Waksman Joel A
Department of Biostatistics and Data Management, Wyeth Consumer Healthcare, Madison, NJ 07940, USA.
Pharm Stat. 2007 Jan-Mar;6(1):53-65. doi: 10.1002/pst.244.
The power of a clinical trial is partly dependent upon its sample size. With continuous data, the sample size needed to attain a desired power is a function of the within-group standard deviation. An estimate of this standard deviation can be obtained during the trial itself based upon interim data; the estimate is then used to re-estimate the sample size. Gould and Shih proposed a method, based on the EM algorithm, which they claim produces a maximum likelihood estimate of the within-group standard deviation while preserving the blind, and that the estimate is quite satisfactory. However, others have claimed that the method can produce non-unique and/or severe underestimates of the true within-group standard deviation. Here the method is thoroughly examined to resolve the conflicting claims and, via simulation, to assess its validity and the properties of its estimates. The results show that the apparent non-uniqueness of the method's estimate is due to an apparently innocuous alteration that Gould and Shih made to the EM algorithm. When this alteration is removed, the method is valid in that it produces the maximum likelihood estimate of the within-group standard deviation (and also of the within-group means). However, the estimate is negatively biased and has a large standard deviation. The simulations show that with a standardized difference of 1 or less, which is typical in most clinical trials, the standard deviation from the combined samples ignoring the groups is a better estimator, despite its obvious positive bias.

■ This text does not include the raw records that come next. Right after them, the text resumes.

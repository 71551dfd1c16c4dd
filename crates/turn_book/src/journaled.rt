// A book that keeps a journal of the events that it took.
ghost use Rattle.std.specs.Prelude.{◌≡◌, ◌↔◌, ◌++◌, ◌∷◌, ◌<◌, ◌^◌, [], false, true, ℕ, Bool, List, length, IfOk, IfErr, OnOk, OnErr};
ghost use Rattle.turn_book.specs.Faults.{HasBlamed};

/// A book that takes events, answers each, and keeps a journal of them.
pub trait Journaled {
    /// What the book was opened with.
    type Opening;
    /// What it may be asked.
    type Event;
    /// What it answers.
    type Reply;
    /// Why it doesn't take an event.
    type Fault;

    /// What the book was opened with.
    ghost opening: { Self → Self.Opening };

    /// The events that it took, in order.
    ghost journal: { Self → List Self.Event };

    /// The reply to an event, after an opening and a journal.
    ghost reply_of: { Self.Opening → List Self.Event → Self.Event → Self.Reply };

    /// Whether an event is sure after an opening and a journal: it meets no fault but one of the
    /// outside.
    ghost sure: { Self.Opening → List Self.Event → Self.Event → Bool };

    /// Whether an event may meet a fault of the outside.
    ghost outward: { Self.Event → Bool };

    /// The number of the outside fault that a fault tells, or 0.
    ghost blame_of: { Self.Fault → ℕ };

    /// Whether a fault is want of memory.
    ghost is_want: { Self.Fault → Type 0 };

    /// The number of the last outside fault, or 0.
    ghost blamed: { Self → ℕ };

    /// Whether idle callers may find work after a reply.
    ghost is_stirring: { Self.Reply → Bool };

    /// What a book has become: a relation to what it was, which each event keeps.
    ghost since: { Self → Self → Type 0 };

    /// Takes an event, answers it and adds it to the journal.
    ///
    /// # Errors
    ///
    /// A fault of the outside, or want of memory. The journal is unchanged then, and the event
    /// comes back.
    fn step(&mut self, event: Self::Event) -> Result<Self::Reply, (Self::Fault, Self::Event)>
        // An event that is answered is the journal's last, and the reply is the rule's.
        ensures opening { opening self.new ≡ opening self.old }
        ensures since { since self.old self.new }
        ensures entry { OnOk result (journal self.new ≡ journal self.old ++ event ∷ []) }
        ensures reply { IfOk result
            (λ r. r ≡ reply_of (opening self.old) (journal self.old) event) }
        ensures blameless { OnOk result (blamed self.new ≡ blamed self.old) }
        // On a fault nothing changed.
        ensures unchanged { OnErr result (journal self.new ≡ journal self.old) }
        ensures handed_back { IfErr result (λ e. e.1 ≡ event) }
        // When there may be one: want of memory, or a fault of the outside, which is numbered.
        ensures unsure { IfErr result
            (λ e. blame_of e.0 ≡ 0 → sure (opening self.old) (journal self.old) event ≡ false) }
        ensures want { IfErr result (λ e. (blame_of e.0 ≡ 0) ↔ is_want e.0) }
        ensures outward { IfErr result (λ e. 0 < blame_of e.0 → outward event ≡ true) }
        ensures blame { IfErr result
            (λ e. HasBlamed (blame_of e.0) (blamed self.old) (blamed self.new)) };

    /// Whether idle callers may find work after the reply.
    fn stirs(reply: &Self::Reply) -> bool
        ensures { result ≡ is_stirring reply.now };

    /// The number of the outside fault that the fault tells, or 0.
    fn blame(fault: &Self::Fault) -> u64
        ensures { result ≡ blame_of fault.now };

    /// How many events the journal has.
    fn entries(&self) -> u64
        ensures value { result ≡ length (journal self.now) }
        ensures short { result < 2 ^ 63 };

    /// The number of the last outside fault, or 0.
    fn blame_so_far(&self) -> u64
        ensures { result ≡ blamed self.now };

    /// A book that took no event.
    ghost stays: { (b : Self) → since b b };

    /// A book that took some events and then others.
    ghost goes_on: { (b c d : Self) → since b c → since c d → since b d };
}
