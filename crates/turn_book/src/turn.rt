// The turn and its passes.
//
// No wake-up is lost. A pass notes the number of stirs when it is made and at the end of each rest,
// before it looks at anything. A reply that stirs raises the number once its entry is in the book
// and the turn is free, and then wakes all. So where a look missed an entry, the number differs or
// will: `rest` sleeps only while it is the noted one, and is woken by the change. The whole number
// is compared first, since the wait itself compares its low half.
ghost use Rattle.std.specs.Prelude.{◌≡◌, ◌<◌, length, IfOk, IfErr};
ghost use Rattle.turn_book.specs.Known.{known_of, IsPassOf, IsFirst, HasActed, IsRefused, HasLooked, IsCut, HasJoined, IsWhole};
ghost use Rattle.turn_book.specs.Passes.{IsIdle};

use crate::journaled::Journaled;
use crate::table::{BookTable, Place};
use plan_terms::Memory;
use std::alloc::Global;
use std::marker::Model;
use std::sync::Wait;

/// A book that threads share, one whole turn after the other.
pub struct Turn<B: Journaled> {
    table: BookTable<B>,
}

impl<B: Journaled> Model for Turn<B> {
    ghost use Rattle.turn_book.specs.Known.{Made};

    ghost Value = { Made B };

    ghost view = { λ t. record {
      table = t.table.inner.shared.table_id;
      start = t.table.inner.shared.key.value;
    } };
}

/// What one caller knows of the history, and the entries that it made. The passes of a turn have
/// 1,048,576 parts together.
pub struct Pass<B: Journaled> {
    place: Place<B>,
    // How many stirs there were before it looked at anything since its last rest.
    stirs: u64,
}

impl<B: Journaled> Model for Pass<B> {
    ghost use Rattle.turn_book.specs.Known.{Known, known_of};
    ghost use Rattle.turn_book.specs.Passes.{IsIdle};

    ghost Value = { Known B.Opening B.Event };

    ghost view = { λ p. known_of p.place.table_id p.place.me.0 p.stirs };

    ghost invariant = { λ p. IsIdle p.place.me };
}

// Written by hand: a derived one would ask it of the book, and no closure that holds a pass could
// go to a thread.
impl<B: Journaled> Drop for Pass<B> {
    fn drop(self) {
        let Self { place, stirs: _ } = self;
        drop(place);
    }
}

impl<B: Journaled> Pass<B> {
    fn into_place(self) -> Place<B>
        ensures known { self ≡ known_of result.table_id result.me.0 self.noted }
        ensures idle { IsIdle result.me }
    {
        let Self { place, stirs: _ } = self;
        place
    }
}

impl<B: Journaled> Turn<B> {
    /// Shares a book. The first pass has seen its journal, and has no entry of its own and all
    /// parts.
    ///
    /// # Errors
    ///
    /// Out of memory. The book is handed back.
    pub fn new(alloc: Global, book: B) -> Result<(Turn<B>, Pass<B>), (Memory, B)>
        ensures first { IfOk result (λ t. IsFirst B.opening B.journal t.0 book t.1) }
        ensures handed_back { IfErr result (λ e. e.1 ≡ book) }
    {
        match BookTable::new(alloc, book) {
            Ok((table, place)) => Ok((Turn { table }, Pass { place, stirs: 0 })),
            Err(book) => Err((Memory, book)),
        }
    }

    /// One whole turn: the book takes the event and answers it, and the pass has then seen the
    /// history up to there. It waits for the turns of others.
    ///
    /// # Errors
    ///
    /// What the book answers in this turn. Nothing is added to the history then, and the event
    /// comes back.
    pub fn act<R: Wait>(
        &self,
        rt: &R,
        pass: &mut Pass<B>,
        event: B::Event,
    ) -> Result<B::Reply, (B::Fault, B::Event)>
        requires own { IsPassOf B.opening self.now pass.old }
        ensures own { IsPassOf B.opening self.now pass.new }
        ensures made { IfOk result
            (HasActed B.reply_of (B.opening self.now.start) pass.old pass.new event) }
        ensures refused { IfErr result
            (IsRefused B.blame_of B.is_want B.sure B.outward (B.opening self.now.start) pass.old
            pass.new event) }
        ensures noted { pass.new.noted ≡ pass.old.noted }
    {
        let reply = self.table.act(rt, &mut pass.place, event)?;
        self.table.stir_if(&mut pass.place, B::stirs(&reply));
        Ok(reply)
    }

    /// The length of the history, which the pass has then seen.
    pub fn learn(&self, pass: &mut Pass<B>) -> u64
        requires own { IsPassOf B.opening self.now pass.old }
        ensures own { IsPassOf B.opening self.now pass.new }
        ensures length { length pass.new.seen ≡ result }
        ensures looked { HasLooked pass.old pass.new }
        ensures noted { pass.new.noted ≡ pass.old.noted }
    {
        self.table.learn(&mut pass.place)
    }

    /// May wait for an entry whose reply stirs and that came after the pass began to look: after its
    /// last rest, or after it was made. It may return at any time.
    pub fn rest<R: Wait>(&self, rt: &R, pass: &mut Pass<B>)
        requires own { IsPassOf B.opening self.now pass.old }
        ensures own { IsPassOf B.opening self.now pass.new }
        ensures looked { HasLooked pass.old pass.new }
    {
        if self.table.stirs(&mut pass.place) == pass.stirs {
            self.table.rest(rt, pass.stirs);
        }
        pass.stirs = self.table.stirs(&mut pass.place);
        self.table.learn(&mut pass.place);
    }

    /// Gives one part to a new pass, which has seen as much and has no entry.
    pub fn split(&self, pass: &mut Pass<B>) -> Pass<B>
        requires own { IsPassOf B.opening self.now pass.old }
        requires parts { 1 < pass.old.parts }
        ensures own { IsPassOf B.opening self.now pass.new }
        ensures new { IsPassOf B.opening self.now result }
        ensures cut { IsCut pass.old pass.new result }
        ensures noted { pass.new.noted ≡ pass.old.noted }
    {
        let stirs = self.table.stirs(&mut pass.place);
        let place = self.table.split(&mut pass.place);
        Pass { place, stirs }
    }

    /// Gives the pass all of another's: what it has seen, its entries and its parts.
    pub fn join(&self, pass: &mut Pass<B>, other: Pass<B>)
        requires own { IsPassOf B.opening self.now pass.old }
        requires other { IsPassOf B.opening self.now other }
        ensures own { IsPassOf B.opening self.now pass.new }
        ensures joined { HasJoined pass.old other pass.new }
        ensures noted { pass.new.noted ≡ pass.old.noted }
    {
        self.table.join(&mut pass.place, other.into_place());
    }

    /// The book, whose journal is the history. The pass has all parts, so no other is left, and
    /// each entry since the turn was made is its own, just once.
    pub fn close(self, pass: Pass<B>) -> B
        requires own { IsPassOf B.opening self pass }
        requires parts { pass.parts ≡ 1048576 }
        ensures { IsWhole B.opening B.journal B.blamed B.since self.start pass result }
    {
        let Turn { table } = self;
        table.close(pass.into_place())
    }
}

临床试验的效能部分取决于其样本量。对于连续性数据,达到所需效能所需的样本量是组内标准差的函数。可以在试验过程中根据中期数据获得该标准差的估计值;然后使用该估计值重新估计样本量。古尔德和施提出了一种基于期望最大化(EM)算法的方法,他们声称该方法在保持盲态的同时能产生组内标准差的最大似然估计,并且该估计相当令人满意。然而,其他人声称该方法可能会产生非唯一的和/或对真实组内标准差的严重低估。在此对该方法进行全面研究,以解决相互矛盾的说法,并通过模拟评估其有效性及其估计值的特性。结果表明,该方法估计值的明显非唯一性是由于古尔德和施对EM算法进行的一个看似无害的改动。去除这个改动后,该方法是有效的,因为它能产生组内标准差(以及组内均值)的最大似然估计。然而,该估计值存在负偏差且标准差较大。模拟结果表明,对于标准化差异为1或更小的情况(这在大多数临床试验中很典型),忽略分组的合并样本的标准差是一个更好的估计量,尽管它有明显的正偏差。